EXERCISE: Copy verbatim the block of lines in the entries below whose first line contains "network of which" and whose last line contains "the last is so". Leave out all other lines.

DATA FOR THIS EXERCISE:
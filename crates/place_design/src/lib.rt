//! Designs on machines: an image of a design that uses nothing that a list of defects names, or what there is no room for.
//!
//! On a small machine the in-order plan of the plain network alone decides whether there is room. Where there is, networks with
//! fewer tables and plans with fewer crossings are tried too: tables put into their one reader, and into all their readers, where
//! that leaves fewer; of the plans that fit the one with fewer crossings is taken. On another machine these are tried whether the
//! in-order plan fits or not, and at last plans of the plain network. That the image is right doesn't rest on them, since any
//! image that is routed is right for the design. What is laid is the plain network on its plan in order, or a network of which
//! nothing is in vain: each table leads to an output, it is no deeper than the plain one, and nets cross no more nodes in sum than
//! by its own plan in order; or, on a machine that isn't small, the plain network on a plan of which the last is so
//! (`IsRoutedDesign`).
//!
//! Promised (`lay`): an image of a design on what a list leaves free, right for it under all faults that the list covers. Room is
//! refused only where the in-order plan of its plain network doesn't fit the list, and on a small machine exactly there. `no_place`
//! makes the refusal of what a network is short of. `improved_plan` gives the plan that is tried for a network whose plan in order
//! fits.
#![tactic(auto)]

mod laying;
mod room;
mod smaller;

pub use laying::lay;
pub use room::no_place;
pub use smaller::{Improved, improved_plan};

PROBLEM SOLUTION:
//! image that is routed is right for the design. What is laid is the plain network on its plan in order, or a network of which
//! nothing is in vain: each table leads to an output, it is no deeper than the plain one, and nets cross no more nodes in sum than
//! by its own plan in order; or, on a machine that isn't small, the plain network on a plan of which the last is so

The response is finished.